[PROVIDED RECORDS Boundary: Start]

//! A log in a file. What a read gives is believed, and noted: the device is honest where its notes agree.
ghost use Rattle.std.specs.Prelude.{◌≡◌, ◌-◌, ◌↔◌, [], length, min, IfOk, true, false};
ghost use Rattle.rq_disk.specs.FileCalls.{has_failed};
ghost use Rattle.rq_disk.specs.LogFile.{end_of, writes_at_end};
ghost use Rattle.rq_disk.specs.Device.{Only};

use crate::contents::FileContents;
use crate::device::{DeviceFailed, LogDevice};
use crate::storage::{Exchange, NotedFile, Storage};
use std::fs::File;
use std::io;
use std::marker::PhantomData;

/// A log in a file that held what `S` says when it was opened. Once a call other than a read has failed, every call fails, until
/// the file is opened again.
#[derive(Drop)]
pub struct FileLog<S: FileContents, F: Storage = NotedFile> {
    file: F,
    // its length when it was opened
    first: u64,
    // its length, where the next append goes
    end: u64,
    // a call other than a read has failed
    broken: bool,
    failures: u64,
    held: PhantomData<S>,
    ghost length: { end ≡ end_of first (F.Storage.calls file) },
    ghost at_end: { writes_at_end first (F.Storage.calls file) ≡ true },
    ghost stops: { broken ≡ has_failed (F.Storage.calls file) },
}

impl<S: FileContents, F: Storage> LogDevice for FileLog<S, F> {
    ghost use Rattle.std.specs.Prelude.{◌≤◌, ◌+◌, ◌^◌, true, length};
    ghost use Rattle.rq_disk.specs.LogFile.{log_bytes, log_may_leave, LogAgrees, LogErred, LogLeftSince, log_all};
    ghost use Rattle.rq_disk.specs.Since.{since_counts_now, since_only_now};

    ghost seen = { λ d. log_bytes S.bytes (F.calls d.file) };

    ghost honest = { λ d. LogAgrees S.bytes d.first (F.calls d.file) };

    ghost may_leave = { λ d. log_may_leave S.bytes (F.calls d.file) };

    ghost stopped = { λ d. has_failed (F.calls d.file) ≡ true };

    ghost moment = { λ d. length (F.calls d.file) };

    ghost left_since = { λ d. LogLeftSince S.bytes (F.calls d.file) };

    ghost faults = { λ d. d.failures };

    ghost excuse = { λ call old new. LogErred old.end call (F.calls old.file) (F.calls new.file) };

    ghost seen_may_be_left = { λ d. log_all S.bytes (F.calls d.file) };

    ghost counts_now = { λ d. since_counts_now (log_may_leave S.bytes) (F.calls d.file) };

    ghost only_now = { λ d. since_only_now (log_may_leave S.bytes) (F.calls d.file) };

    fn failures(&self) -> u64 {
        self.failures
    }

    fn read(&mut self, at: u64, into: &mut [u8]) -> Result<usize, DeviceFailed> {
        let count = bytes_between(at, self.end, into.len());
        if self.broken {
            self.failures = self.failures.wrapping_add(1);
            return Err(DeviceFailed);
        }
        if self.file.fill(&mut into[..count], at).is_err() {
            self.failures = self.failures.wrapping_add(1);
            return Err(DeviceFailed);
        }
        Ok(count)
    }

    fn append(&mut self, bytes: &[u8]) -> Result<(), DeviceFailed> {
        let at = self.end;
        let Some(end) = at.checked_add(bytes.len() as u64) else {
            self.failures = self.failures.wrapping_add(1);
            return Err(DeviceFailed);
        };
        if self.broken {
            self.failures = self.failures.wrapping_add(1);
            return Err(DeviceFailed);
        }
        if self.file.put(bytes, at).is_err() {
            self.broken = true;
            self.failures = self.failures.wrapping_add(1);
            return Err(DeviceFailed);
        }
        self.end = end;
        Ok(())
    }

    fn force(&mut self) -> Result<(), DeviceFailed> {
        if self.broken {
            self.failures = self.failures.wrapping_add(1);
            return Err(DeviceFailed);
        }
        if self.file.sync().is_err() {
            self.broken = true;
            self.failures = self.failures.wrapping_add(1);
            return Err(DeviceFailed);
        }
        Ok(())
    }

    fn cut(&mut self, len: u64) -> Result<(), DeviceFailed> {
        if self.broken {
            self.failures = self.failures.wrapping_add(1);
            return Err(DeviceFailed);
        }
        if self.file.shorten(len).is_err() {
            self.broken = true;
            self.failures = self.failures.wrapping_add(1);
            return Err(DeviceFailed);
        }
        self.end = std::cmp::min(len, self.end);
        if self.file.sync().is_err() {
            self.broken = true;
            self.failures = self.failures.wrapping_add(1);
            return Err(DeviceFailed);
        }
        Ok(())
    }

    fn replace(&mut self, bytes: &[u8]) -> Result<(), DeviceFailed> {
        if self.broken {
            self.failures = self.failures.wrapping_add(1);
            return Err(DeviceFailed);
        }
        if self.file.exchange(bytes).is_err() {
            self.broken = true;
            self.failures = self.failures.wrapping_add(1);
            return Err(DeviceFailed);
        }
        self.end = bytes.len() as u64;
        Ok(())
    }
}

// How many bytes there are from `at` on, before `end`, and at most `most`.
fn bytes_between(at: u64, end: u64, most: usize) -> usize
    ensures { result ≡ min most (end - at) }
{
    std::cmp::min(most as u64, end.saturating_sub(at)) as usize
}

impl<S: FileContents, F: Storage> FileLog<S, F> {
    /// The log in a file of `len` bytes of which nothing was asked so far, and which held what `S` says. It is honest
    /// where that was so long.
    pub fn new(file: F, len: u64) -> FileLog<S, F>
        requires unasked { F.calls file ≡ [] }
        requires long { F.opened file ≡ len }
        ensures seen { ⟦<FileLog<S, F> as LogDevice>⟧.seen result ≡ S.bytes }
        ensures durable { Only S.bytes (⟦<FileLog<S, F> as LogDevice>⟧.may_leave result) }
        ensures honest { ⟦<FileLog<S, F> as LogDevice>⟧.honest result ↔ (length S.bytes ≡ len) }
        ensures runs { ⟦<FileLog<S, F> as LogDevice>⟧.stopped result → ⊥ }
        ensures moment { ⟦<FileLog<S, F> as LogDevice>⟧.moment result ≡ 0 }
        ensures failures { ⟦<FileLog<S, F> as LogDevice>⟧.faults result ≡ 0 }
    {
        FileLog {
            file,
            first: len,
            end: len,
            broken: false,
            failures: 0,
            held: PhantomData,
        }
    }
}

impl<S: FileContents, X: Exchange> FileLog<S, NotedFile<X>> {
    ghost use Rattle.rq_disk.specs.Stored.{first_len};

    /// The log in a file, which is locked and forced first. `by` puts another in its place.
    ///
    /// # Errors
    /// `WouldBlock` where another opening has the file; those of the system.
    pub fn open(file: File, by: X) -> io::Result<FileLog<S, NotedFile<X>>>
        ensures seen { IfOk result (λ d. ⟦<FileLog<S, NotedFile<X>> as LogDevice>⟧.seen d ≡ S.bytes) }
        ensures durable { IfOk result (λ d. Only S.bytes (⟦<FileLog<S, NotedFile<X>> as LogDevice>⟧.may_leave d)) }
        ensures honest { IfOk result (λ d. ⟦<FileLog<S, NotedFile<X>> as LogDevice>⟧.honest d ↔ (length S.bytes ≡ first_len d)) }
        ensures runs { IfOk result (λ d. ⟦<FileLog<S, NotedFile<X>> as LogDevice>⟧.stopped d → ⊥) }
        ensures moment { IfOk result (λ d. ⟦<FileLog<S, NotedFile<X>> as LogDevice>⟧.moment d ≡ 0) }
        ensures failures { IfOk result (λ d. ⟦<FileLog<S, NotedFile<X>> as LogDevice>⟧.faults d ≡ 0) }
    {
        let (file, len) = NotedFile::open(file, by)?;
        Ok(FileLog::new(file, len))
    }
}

[PROVIDED RECORDS Boundary: End]

* **ACTIVITY**
Write out again, exactly, the lines from the start of the entries up to and including the one with "impl<S: FileContents, F: Storage> LogDevice". Nothing else belongs in the reply.

* **RESPONSE TO THE TASK**
//! A log in a file. What a read gives is believed, and noted: the device is honest where its notes agree.
ghost use Rattle.std.specs.Prelude.{◌≡◌, ◌-◌, ◌↔◌, [], length, min, IfOk, true, false};
ghost use Rattle.rq_disk.specs.FileCalls.{has_failed};
ghost use Rattle.rq_disk.specs.LogFile.{end_of, writes_at_end};
ghost use Rattle.rq_disk.specs.Device.{Only};

use crate::contents::FileContents;
use crate::device::{DeviceFailed, LogDevice};
use crate::storage::{Exchange, NotedFile, Storage};
use std::fs::File;
use std::io;
use std::marker::PhantomData;

/// A log in a file that held what `S` says when it was opened. Once a call other than a read has failed, every call fails, until
/// the file is opened again.
#[derive(Drop)]
pub struct FileLog<S: FileContents, F: Storage = NotedFile> {
    file: F,
    // its length when it was opened
    first: u64,
    // its length, where the next append goes
    end: u64,
    // a call other than a read has failed
    broken: bool,
    failures: u64,
    held: PhantomData<S>,
    ghost length: { end ≡ end_of first (F.Storage.calls file) },
    ghost at_end: { writes_at_end first (F.Storage.calls file) ≡ true },
    ghost stops: { broken ≡ has_failed (F.Storage.calls file) },
}

impl<S: FileContents, F: Storage> LogDevice for FileLog<S, F> {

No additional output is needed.